Should God tarry, Sacks is admitting, we need the courage to take matters into our own hands and bring justice to our world. Here he hints that there is no simple answer to the question of where was God at Auschwitz, but then he returns to the heroic human spirit and the assertion that the only world more terrifying than one with an absent God is one where autocrats try to fill that void.  We need to cling to the idea of God even in God's absence, if only to leave the vacancy unfilled, leaving it to modern Pharaohs presumptuously aiming to fill it.

So what are the implications now, in the Age of Corona?  With so many people using their precious freedom to share their bread, by helping neighbors in distress and in some cases risking life and limb to do that, are those people bringing God back into the world?  And if they are - and I'm not saying that they are not - could the massive human response to this plague (the good response, not the response of those who are cynical, selfish and corrupt) be the first step toward ending the plague of divine darkness, the eclipse of God that has darkened our spiritual world for 75 years?
In his classic 1952 essay, The Eclipse of God, Martin Buber wrote, of the "still unredeemed concreteness of the human world in all its horror." Buber's paper was an effort to rummage through the still-smoldering ashes for some way of comprehending the incomprehensible while reconciling himself to a world without an operational deity.  Now, more than half a century later, has God begun to peer back at us from out of the mist?  Is the darkness receding?
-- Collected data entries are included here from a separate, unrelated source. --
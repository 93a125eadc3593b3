//! Laws of the definitions. Each is the clause of a function that does nothing.
ghost use Rattle.quantities.specs.Laws.{RoundsUp};
ghost use Rattle.quantities.specs.Rows.{IntegerRowsHold, LimitRowsHold, QuantityOrderRowsHold, QuantityRowsHold, RefusedQuantityRowsHold};

/// Quantities with the values that the API server reads.
#[tactic(auto, unfolding(crate::specs::Quantities::spelled_of, crate::specs::Suffixes::decimal_of, crate::specs::Suffixes::binary_of, crate::specs::Suffixes::exponent_in, crate::specs::Quantities::scaled, text_numbers::specs::Numbers::number_after))]
pub fn quantity_rows_hold()
    ensures { QuantityRowsHold }
{}

/// Texts that the API server refuses.
#[tactic(auto, unfolding(crate::specs::Quantities::spelled_of, crate::specs::Suffixes::decimal_of, crate::specs::Suffixes::binary_of, crate::specs::Suffixes::exponent_in, text_numbers::specs::Numbers::number_after))]
pub fn refused_rows_hold()
    ensures { RefusedQuantityRowsHold }
{}

/// Quantities as ints.
pub fn integer_rows_hold()
    ensures { IntegerRowsHold }
{}

/// Signs, and quantities of more than 127 bits.
#[tactic(auto, unfolding(crate::specs::Quantities::spelled_of, crate::specs::Suffixes::decimal_of, crate::specs::Suffixes::binary_of, crate::specs::Suffixes::exponent_in, crate::specs::Quantities::scaled, crate::specs::Quantities::made, text_numbers::specs::Numbers::number_after))]
pub fn limit_rows_hold()
    ensures { LimitRowsHold }
{}

/// The order of quantities, sums and differences, in billionths.
pub fn order_rows_hold()
    ensures { QuantityOrderRowsHold }
{}

/// A number times a negative power of 10 is rounded up: to less than 1 above it, and to no less.
pub fn rounds_up()
    ensures { RoundsUp }
{}
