//! Numbers times powers of 10, capped at the greatest `u128`.
ghost use Rattle.std.specs.Prelude.{◌≡◌, ◌<◌, ◌-◌, ◌*◌, ◌^◌, min};
ghost use Rattle.std.specs.Int.{div_ceil};
ghost use Rattle.quantities.specs.Quantities as specs;

/// 10 to this power, capped.
#[tactic(auto, using(crate::proofs::Caps::tens))]
fn tens(power: u128) -> u128
    ensures { result ≡ min (10 ^ power) (2 ^ 128 - 1) }
{
    10u128.saturating_pow(power.min(39) as u32)
}

/// A number times 10 to this power, capped.
#[tactic(auto, using(crate::proofs::Caps::raised))]
pub fn raised(number: u128, power: u128) -> u128
    ensures { result ≡ min (number * 10 ^ power) (2 ^ 128 - 1) }
{
    number.saturating_mul(tens(power))
}

/// A number divided by 10 to this power, rounded up.
#[tactic(auto, using(crate::proofs::Caps::lowered, crate::proofs::Caps::some_tens))]
fn lowered(number: u128, power: u128) -> u128
    ensures { number < 2 ^ 128 - 1 → result ≡ div_ceil number (10 ^ power) }
{
    let divisor = tens(power);
    number.div_ceil(divisor)
}

/// A number times a power of 10, rounded up and capped.
#[tactic(auto, using(crate::proofs::Caps::scaling))]
pub fn scaled(number: u128, power: i128) -> u128
    ensures { number < 2 ^ 128 - 1 → result ≡ min (specs.scaled number power) (2 ^ 128 - 1) }
{
    if power >= 0 {
        raised(number, power.unsigned_abs())
    } else {
        lowered(number, power.unsigned_abs())
    }
}
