//! The units of quantities.

/// What the suffix of a quantity multiplies its number by.
#[derive(Clone, Copy, Debug, PartialEq, Eq)]
pub enum Unit {
    /// A power of 10.
    Decimal(i64),
    /// A power of 2.
    Binary(u32),
}
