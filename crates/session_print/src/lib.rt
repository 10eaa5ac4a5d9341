//! What is printed of a run: its events, its end, and the bytes of its heap that aren't all 0.
#![tactic(auto)]

mod heap;
mod lines;
mod observations;

pub use observations::observation_text;
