//! Worked code and sessions. Each function does nothing, and its contract is what the check computes of small modules.
ghost use Rattle.std.specs.Prelude.{◌≡◌, ◌∷◌, [], None, codes};
ghost use Rattle.session_lang.specs.Observation.{done, call_returned};
ghost use Rattle.session_lang.specs.CallingForms.{script_to_wasm};
ghost use Rattle.wasm_lang_exec.specs.Fits as machine;
ghost use Rattle.wasm_lang_exec.specs.Session.{wasm};
ghost use Rattle.asm2wasm_lang.specs.Calling.{IsCalledAs};
ghost use Rattle.asm2wasm_translation.specs.Modules.{translation};
ghost use Rattle.asm2wasm_translation.specs.Pieces.{operating, operating_script, long_switch, long_script, small_elements, small_script, bodies, storing, literal_indices, dividing, continuing, switching, few_cases, dense_cases, tabled, tabled_script, storing_script};
ghost use Rattle.asm2wasm_translation.specs.Worked.{ShowsSame, body, storing_code, literal_indices_code, dividing_code, continuing_code, few_code, dense_code, first_code, first_part, all_clauses_code, clauses_part, gave, imported, giving_back, wide_export, of_seven, IsAlike};

/// `H[a>>2]=H[b>>2]=c`: both indices wait on the stack, so that two scratch locals serve both stores.
pub fn a_store_in_a_store()
    ensures { bodies storing ≡ body 2 storing_code ∷ [] }
{}

/// `H[-1]=H[3]=a`: where an element begins is known of an index that is a literal.
pub fn literals_as_indices()
    ensures { bodies literal_indices ≡ body 2 literal_indices_code ∷ [] }
{}

/// `(a|0)/(b|0)|0`: the divisors 0 and -1 go by the product.
pub fn a_guarded_quotient()
    ensures { bodies dividing ≡ body 2 dividing_code ∷ [] }
{}

/// `outer:while(a)while(b)continue outer;`
pub fn a_labelled_continue()
    ensures { bodies continuing ≡ body 0 continuing_code ∷ [] }
{}

/// A switch with a default, by tests; one of values that lie close together, by a table; and the parts
/// of one of many clauses.
pub fn switches()
    ensures by_tests { bodies (switching few_cases) ≡ body 2 few_code ∷ [] }
    ensures by_table { bodies (switching dense_cases) ≡ body 2 dense_code ∷ [] }
    ensures first_of_many { first_part ≡ first_code }
    ensures many_clauses { clauses_part ≡ all_clauses_code }
{}

/// Table calls in the arguments of a table call, a foreign function, and a labelled loop.
pub fn tables_and_loops()
    ensures { IsAlike tabled 0 tabled_script 100 1000 (imported (codes "g") (2 ∷ []) ∷ gave 1010 ∷ imported (codes "g") (2 ∷ []) ∷ imported (codes "g") (4 ∷ []) ∷ gave 1006 ∷ []) done [] }
{}

/// A store in a store, and the outer one outside the heap and inside the memory.
pub fn stores()
    ensures { IsAlike storing 8 storing_script 10 1000 (call_returned ∷ call_returned ∷ []) done (9 ∷ 0 ∷ 0 ∷ 0 ∷ 7 ∷ 0 ∷ 0 ∷ 0 ∷ []) }
{}

/// Loops, switches, operators of all kinds, and small elements: both sessions show the same.
pub fn the_same()
    ensures operators { ShowsSame operating 0 operating_script 100 10000 }
    ensures many_clauses { ShowsSame long_switch 0 long_script 10 20000 }
    ensures elements { ShowsSame small_elements 8 small_script 10 1000 }
{}

/// A function that gives back its argument. A module whose function takes 64 bits and wraps them takes the same script and shows
/// the same; it isn't called as asked, and the translation is.
pub fn a_wide_export()
    ensures fits { machine.misfit wide_export (script_to_wasm of_seven) ≡ None }
    ensures shows_the_same { (wasm wide_export (script_to_wasm of_seven) 10).events ≡ gave 7 ∷ [] }
    ensures wide { IsCalledAs giving_back 4096 wide_export → ⊥ }
    ensures narrow { IsCalledAs giving_back 4096 (translation giving_back 4096) }
{}
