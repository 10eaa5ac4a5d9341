//! The bytes of a heap.

ghost use Rattle.std.specs.Prelude.{◌≡◌, ◌≤◌, ◌<◌, ◌++◌, length, OnOk};
ghost use Rattle.std.specs.Int.{div_ceil};
ghost use Rattle.script_lang.specs.Texts as spec;
ghost use Rattle.session_print.specs.Parts.{lines_between};

use itoa::Buffer;
use std::alloc::{AllocError, Global};

/// How many bytes a line shows.
const WIDTH: usize = 16;

/// How many lines are tested at once for bytes that aren't 0.
const BLOCK: usize = 256;

// There is no early end, so that many bytes are tested by one instruction.
#[tactic(auto, using(crate::proofs::Zeros::next_byte))]
fn are_zero(bytes: &[u8]) -> bool
    ensures { result ≡ spec.are_zero bytes.now }
{
    let mut bits = 0;
    for byte in bytes {
        bits |= *byte;
    }
    bits == 0
}

/// The line of bytes at a place, if they aren't all 0.
fn push_bytes(alloc: Global, out: &mut Vec<u8>, at: usize, bytes: &[u8]) -> Result<(), AllocError>
    ensures { OnOk result (out.new.items ≡ out.old.items ++ spec.bytes_line at bytes.now) }
{
    if are_zero(bytes) {
        return Ok(());
    }
    let mut digits = Buffer::new();
    let hex_digits = hex::encode(alloc, bytes)?;
    out.extend_from_slice(b"heap ")?;
    out.extend_from_slice(digits.format(at).as_bytes())?;
    out.extend_from_slice(b" ")?;
    out.extend_from_slice(hex_digits.as_bytes())?;
    out.extend_from_slice(b"\n")
}

/// The lines from the one of this number up to another.
#[tactic(auto, using(crate::proofs::Parts::parts))]
fn push_lines(
    alloc: Global,
    out: &mut Vec<u8>,
    heap: &[u8],
    first: usize,
    end: usize,
) -> Result<(), AllocError>
    requires ordered { first ≤ end }
    requires inside { end ≤ div_ceil (length heap.now) 16 }
    ensures { OnOk result (out.new.items ≡ out.old.items ++ lines_between heap.now first end) }
{
    for part in first..end {
        let from = WIDTH * part;
        let to = heap.len().min(from + WIDTH);
        push_bytes(alloc, out, from, &heap[from..to])?;
    }
    Ok(())
}

/// The same, where bytes that are all 0 are passed over at once.
#[tactic(auto, using(crate::proofs::Parts::parts))]
fn push_block(
    alloc: Global,
    out: &mut Vec<u8>,
    heap: &[u8],
    first: usize,
    end: usize,
) -> Result<(), AllocError>
    requires ordered { first < end }
    requires inside { end ≤ div_ceil (length heap.now) 16 }
    ensures { OnOk result (out.new.items ≡ out.old.items ++ lines_between heap.now first end) }
{
    let from = WIDTH * first;
    let to = heap.len().min(WIDTH * end);
    if are_zero(&heap[from..to]) {
        return Ok(());
    }
    push_lines(alloc, out, heap, first, end)
}

/// A line for each sixteen bytes that aren't all 0.
#[tactic(auto, using(crate::proofs::Parts::parts))]
pub fn push_heap(alloc: Global, out: &mut Vec<u8>, heap: &[u8]) -> Result<(), AllocError>
    ensures { OnOk result (out.new.items ≡ out.old.items ++ spec.heap_lines heap.now) }
{
    let lines = heap.len().div_ceil(WIDTH);
    for block in 0..lines.div_ceil(BLOCK) {
        let first = BLOCK * block;
        let end = lines.min(first + BLOCK);
        push_block(alloc, out, heap, first, end)?;
    }
    Ok(())
}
These hopeful albeit farfetched approach may be irrational, but it was Ben Gurion, hardly an apologist for God, who said that in order to be a realist you must believe in miraclesAnd no less a dreamer-realist than Elie Wiesel, who had every reason to succumb to despair, quoted Albert Camus, author of "The Plague" in a 2006 interview with Time:  

"Camus said,'Where there is no hope, one must invent hope.' It is only pessimistic if you stop with the first half of the sentence and just say, There is no hope. Like Camus, even when it seems hopeless, I invent reasons to hope."
We join Sacks in inventing reasons to hope, if not for some manifestation of a traditional God, then at least for a notion of Ultimate Justice; because we desperately need the moral foundation laid out at Sinai, even as the God of Sinai has given way to the eclipsed, human centric God of Auschwitz. In that sense, we need God because no human being should ever be allowed to usurp that divine role. We need God to prevent extremists from perverting religious imagery to horrific ends.  

And the best way to do that, Sacks asserts once again, is to place that divine spark, that Eternal presence, safely quarantined inside the human heart.